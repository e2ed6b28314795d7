//! Owned timestamp requests.

ghost use Rattle.std.specs.Prelude.{◌≡◌, ◌≢◌, ◌↔◌, ◌∷◌, [], ℕ, Some, IfOk, IsTrue, Err, MatchResult};
ghost use Rattle.std.specs.Option.{option_copied};
ghost use Rattle.asn1_types.specs.Elements.{object_identifier_of};
ghost use Rattle.der_core.specs.DerElement.{DerElement};
ghost use Rattle.der_core.specs.Elements.{octet_string};
ghost use Rattle.der_core.specs.Encoding.{encoding, IsDer};
ghost use Rattle.der_core.specs.Reading.{IsExactFault};
ghost use Rattle.der_core.specs.Refusals.{RefusesInner, RefusesOctets};
ghost use Rattle.der_core.specs.Structure.{IsWithin};
ghost use Rattle.der_core.specs.declared.error.DerError.TheVariants as der_errors;
ghost use Rattle.der_core.specs.declared.fault.DerFault.{DerFault};
ghost use Rattle.key_core.specs.declared.element.Element.TheVariants as elements;
ghost use Rattle.x509_core.specs.CertRefusals.{IsUnreadCert, IsUnwrittenCert};
ghost use Rattle.x509_core.specs.declared.error.CertError.TheVariants as errors;
ghost use Rattle.cms_content.specs.ContentInfo.{content_info};
ghost use Rattle.cms_content.specs.ContentInfoElements.{content_info_of};
ghost use Rattle.cms_content.specs.TimestampRequest.{timestamp_request};
ghost use Rattle.cms_content.specs.declared.timestamp_request.TimestampRequest.{TimestampRequest as RequestValue};
ghost use Rattle.authenticode_signature.specs.TimestampRequest.{IsRequestOf, asking_for, data_in, requested};

use asn1_types::ObjectIdentifier;
use asn1_types::oids::{DATA, SPC_TIME_STAMP_REQUEST};
use cms_content::{ContentValue, EncapsulatedContentInfo, TimestampRequest as RequestValue};
use der_core::{Octets, Structure};
use std::alloc::{AllocError, Global};
use x509_core::{CertError, Element};

/// An owned timestamp request in the form of Authenticode (Windows Authenticode Portable Executable
/// Signature Format).
#[derive(Debug, Drop)]
pub struct TimestampRequest {
    request: RequestValue,
}

impl TimestampRequest {
    /// The timestamp request for these octets, which are its content, of type data.
    pub fn new(alloc: Global, digest: &[u8]) -> Result<TimestampRequest, AllocError>
        ensures { IfOk result (λ r. requested r ≡ asking_for digest.now) }
    {
        Ok(TimestampRequest {
            request: RequestValue {
                countersignature_type: ObjectIdentifier::from_known(alloc, SPC_TIME_STAMP_REQUEST)?,
                content: data_content(alloc, digest)?,
            },
        })
    }

    /// The content with its type.
    pub fn content(&self) -> &EncapsulatedContentInfo
        ensures { result.now ≡ self.now.request.content }
    {
        &self.request.content
    }

    /// The content with its type, by value.
    pub fn into_content(self) -> EncapsulatedContentInfo
        ensures { result ≡ self.request.content }
    {
        let TimestampRequest { request } = self;
        let RequestValue { content, .. } = request;
        content
    }

    /// The octets to be timestamped, None exactly where the content isn't octets of type data.
    pub fn digest(&self) -> Option<&[u8]>
        ensures { option_copied result ≡ data_in self.now.request.content.content }
    {
        match &self.request.content.content {
            Some(ContentValue::Data(octets)) => Some(octets.as_slice()),
            _ => None,
        }
    }

    /// Reads a timestamp request from exactly its octets (Windows Authenticode Portable Executable
    /// Signature Format). Octets that are no element, or another structure, are refused as
    /// `Asn1Deserialization`, even when memory runs out.
    pub fn from_der(alloc: Global, der: &[u8]) -> Result<TimestampRequest, CertError>
        ensures answer { MatchResult result
            (λ r. IsWithin IsRequestOf der.now r.request)
            (IsUnreadCert elements.TimestampRequest (RefusesOctets IsRequestOf der.now)) }
        // Octets with a fault are refused with it, even when memory runs out.
        ensures faulty { (at : ℕ) (fault : DerFault) → IsExactFault der.now at fault
            → result ≡ Err (errors.Asn1Deserialization elements.TimestampRequest
            (der_errors.Malformed (record { at = at; fault = fault }))) }
        // An element that is no request is refused as such, even when memory runs out.
        ensures shapeless { (element : DerElement) → IsDer element → der.now ≡ encoding element
            → ((value : RequestValue) → element ≢ timestamp_request value)
            → result ≡ Err (errors.Asn1Deserialization elements.TimestampRequest der_errors.Shape) }
    {
        match RequestValue::from_der(alloc, der) {
            Ok(request) => Ok(TimestampRequest { request }),
            Err(source) => Err(CertError::unread(Element::TimestampRequest, source)),
        }
    }

    /// The encoding. `Asn1Serialization` exactly where `der_core::write` refuses its element.
    pub fn to_der(&self, alloc: Global) -> Result<Vec<u8>, CertError>
        ensures { MatchResult result
            (λ octets. (octets.items ≡ encoding (requested self.now)) × IsDer (requested self.now))
            (IsUnwrittenCert elements.TimestampRequest (RefusesInner (requested self.now ∷ []))) }
    {
        match self.request.to_der(alloc) {
            Ok(octets) => Ok(octets),
            Err(source) => Err(CertError::unwritten(Element::TimestampRequest, source)),
        }
    }

    /// A copy of the request.
    pub fn try_clone(&self, alloc: Global) -> Result<TimestampRequest, AllocError>
        ensures { IfOk result (λ copy. copy ≡ self.now) }
    {
        Ok(TimestampRequest {
            request: self.request.try_clone(alloc)?,
        })
    }
}

/// The content of type data with these octets (RFC 5652 4).
fn data_content(alloc: Global, octets: &[u8]) -> Result<EncapsulatedContentInfo, AllocError>
    ensures { IfOk result (λ info. content_info info ≡ content_info_of
        (object_identifier_of DATA.now) (Some (octet_string octets.now))) }
{
    Ok(EncapsulatedContentInfo {
        content_type: ObjectIdentifier::from_known(alloc, DATA)?,
        content: Some(ContentValue::Data(Octets::from_slice(alloc, octets)?)),
    })
}

impl From<RequestValue> for TimestampRequest {
    ghost from_gives = { λ request r. r.request ≡ request };

    fn from(request: RequestValue) -> TimestampRequest {
        TimestampRequest { request }
    }
}

impl From<TimestampRequest> for RequestValue {
    ghost from_gives = { λ r request. request ≡ r.request };

    fn from(r: TimestampRequest) -> RequestValue {
        let TimestampRequest { request } = r;
        request
    }
}

/// Requests are equal exactly where their encodings are.
impl PartialEq for TimestampRequest {
    ghost use Rattle.der_core.specs.Equality.{same_octets};
    ghost use Rattle.der_core.specs.Facts.Equality.{same_octets_per};

    ghost eq = { same_octets requested };

    ghost laws = { same_octets_per requested };

    fn eq(&self, other: &TimestampRequest) -> bool
        ensures octets { result ≡ same_octets requested self.now other.now }
        ensures same { IsTrue result ↔ (self.now ≡ other.now) }
    {
        self.request == other.request
    }
}

impl Eq for TimestampRequest {
    ghost use Rattle.der_core.specs.Facts.Equality.{same_octets_equiv};

    ghost laws = { same_octets_equiv requested };
}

Your task: The whole of the data must be given back word for word.

Exercise response:
repository e2ed6b28314795d7
//! Owned timestamp requests.

ghost use Rattle.std.specs.Prelude.{◌≡◌, ◌≢◌, ◌↔◌, ◌∷◌, [], ℕ, Some, IfOk, IsTrue, Err, MatchResult};
ghost use Rattle.std.specs.Option.{option_copied};
ghost use Rattle.asn1_types.specs.Elements.{object_identifier_of};
ghost use Rattle.der_core.specs.DerElement.{DerElement};
ghost use Rattle.der_core.specs.Elements.{octet_string};
ghost use Rattle.der_core.specs.Encoding.{encoding, IsDer};
ghost use Rattle.der_core.specs.Reading.{IsExactFault};
ghost use Rattle.der_core.specs.Refusals.{RefusesInner, RefusesOctets};
ghost use Rattle.der_core.specs.Structure.{IsWithin};
ghost use Rattle.der_core.specs.declared.error.DerError.TheVariants as der_errors;
ghost use Rattle.der_core.specs.declared.fault.DerFault.{DerFault};
ghost use Rattle.key_core.specs.declared.element.Element.TheVariants as elements;
ghost use Rattle.x509_core.specs.CertRefusals.{IsUnreadCert, IsUnwrittenCert};
ghost use Rattle.x509_core.specs.declared.error.CertError.TheVariants as errors;
ghost use Rattle.cms_content.specs.ContentInfo.{content_info};
ghost use Rattle.cms_content.specs.ContentInfoElements.{content_info_of};
ghost use Rattle.cms_content.specs.TimestampRequest.{timestamp_request};
ghost use Rattle.cms_content.specs.declared.timestamp_request.TimestampRequest.{TimestampRequest as RequestValue};
ghost use Rattle.authenticode_signature.specs.TimestampRequest.{IsRequestOf, asking_for, data_in, requested};

use asn1_types::ObjectIdentifier;
use asn1_types::oids::{DATA, SPC_TIME_STAMP_REQUEST};
use cms_content::{ContentValue, EncapsulatedContentInfo, TimestampRequest as RequestValue};
use der_core::{Octets, Structure};
use std::alloc::{AllocError, Global};
use x509_core::{CertError, Element};

/// An owned timestamp request in the form of Authenticode (Windows Authenticode Portable Executable
/// Signature Format).
#[derive(Debug, Drop)]
pub struct TimestampRequest {
    request: RequestValue,
}

impl TimestampRequest {
    /// The timestamp request for these octets, which are its content, of type data.
    pub fn new(alloc: Global, digest: &[u8]) -> Result<TimestampRequest, AllocError>
        ensures { IfOk result (λ r. requested r ≡ asking_for digest.now) }
    {
        Ok(TimestampRequest {
            request: RequestValue {
                countersignature_type: ObjectIdentifier::from_known(alloc, SPC_TIME_STAMP_REQUEST)?,
                content: data_content(alloc, digest)?,
            },
        })
    }

    /// The content with its type.
    pub fn content(&self) -> &EncapsulatedContentInfo
        ensures { result.now ≡ self.now.request.content }
    {
        &self.request.content
    }

    /// The content with its type, by value.
    pub fn into_content(self) -> EncapsulatedContentInfo
        ensures { result ≡ self.request.content }
    {
        let TimestampRequest { request } = self;
        let RequestValue { content, .. } = request;
        content
    }

    /// The octets to be timestamped, None exactly where the content isn't octets of type data.
    pub fn digest(&self) -> Option<&[u8]>
        ensures { option_copied result ≡ data_in self.now.request.content.content }
    {
        match &self.request.content.content {
            Some(ContentValue::Data(octets)) => Some(octets.as_slice()),
            _ => None,
        }
    }

    /// Reads a timestamp request from exactly its octets (Windows Authenticode Portable Executable
    /// Signature Format). Octets that are no element, or another structure, are refused as
    /// `Asn1Deserialization`, even when memory runs out.
    pub fn from_der(alloc: Global, der: &[u8]) -> Result<TimestampRequest, CertError>
        ensures answer { MatchResult result
            (λ r. IsWithin IsRequestOf der.now r.request)
            (IsUnreadCert elements.TimestampRequest (RefusesOctets IsRequestOf der.now)) }
        // Octets with a fault are refused with it, even when memory runs out.
        ensures faulty { (at : ℕ) (fault : DerFault) → IsExactFault der.now at fault
            → result ≡ Err (errors.Asn1Deserialization elements.TimestampRequest
            (der_errors.Malformed (record { at = at; fault = fault }))) }
        // An element that is no request is refused as such, even when memory runs out.
        ensures shapeless { (element : DerElement) → IsDer element → der.now ≡ encoding element
            → ((value : RequestValue) → element ≢ timestamp_request value)
            → result ≡ Err (errors.Asn1Deserialization elements.TimestampRequest der_errors.Shape) }
    {
        match RequestValue::from_der(alloc, der) {
            Ok(request) => Ok(TimestampRequest { request }),
            Err(source) => Err(CertError::unread(Element::TimestampRequest, source)),
        }
    }

    /// The encoding. `Asn1Serialization` exactly where `der_core::write` refuses its element.
    pub fn to_der(&self, alloc: Global) -> Result<Vec<u8>, CertError>
        ensures { MatchResult result
            (λ octets. (octets.items ≡ encoding (requested self.now)) × IsDer (requested self.now))
            (IsUnwrittenCert elements.TimestampRequest (RefusesInner (requested self.now ∷ []))) }
    {
        match self.request.to_der(alloc) {
            Ok(octets) => Ok(octets),
            Err(source) => Err(CertError::unwritten(Element::TimestampRequest, source)),
        }
    }

    /// A copy of the request.
    pub fn try_clone(&self, alloc: Global) -> Result<TimestampRequest, AllocError>
        ensures { IfOk result (λ copy. copy ≡ self.now) }
    {
        Ok(TimestampRequest {
            request: self.request.try_clone(alloc)?,
        })
    }
}

/// The content of type data with these octets (RFC 5652 4).
fn data_content(alloc: Global, octets: &[u8]) -> Result<EncapsulatedContentInfo, AllocError>
    ensures { IfOk result (λ info. content_info info ≡ content_info_of
        (object_identifier_of DATA.now) (Some (octet_string octets.now))) }
{
    Ok(EncapsulatedContentInfo {
        content_type: ObjectIdentifier::from_known(alloc, DATA)?,
        content: Some(ContentValue::Data(Octets::from_slice(alloc, octets)?)),
    })
}

impl From<RequestValue> for TimestampRequest {
    ghost from_gives = { λ request r. r.request ≡ request };

    fn from(request: RequestValue) -> TimestampRequest {
        TimestampRequest { request }
    }
}

impl From<TimestampRequest> for RequestValue {
    ghost from_gives = { λ r request. request ≡ r.request };

    fn from(r: TimestampRequest) -> RequestValue {
        let TimestampRequest { request } = r;
        request
    }
}

/// Requests are equal exactly where their encodings are.
impl PartialEq for TimestampRequest {
    ghost use Rattle.der_core.specs.Equality.{same_octets};
    ghost use Rattle.der_core.specs.Facts.Equality.{same_octets_per};

    ghost eq = { same_octets requested };

    ghost laws = { same_octets_per requested };

    fn eq(&self, other: &TimestampRequest) -> bool
        ensures octets { result ≡ same_octets requested self.now other.now }
        ensures same { IsTrue result ↔ (self.now ≡ other.now) }
    {
        self.request == other.request
    }
}

impl Eq for TimestampRequest {
    ghost use Rattle.der_core.specs.Facts.Equality.{same_octets_equiv};

    ghost laws = { same_octets_equiv requested };
}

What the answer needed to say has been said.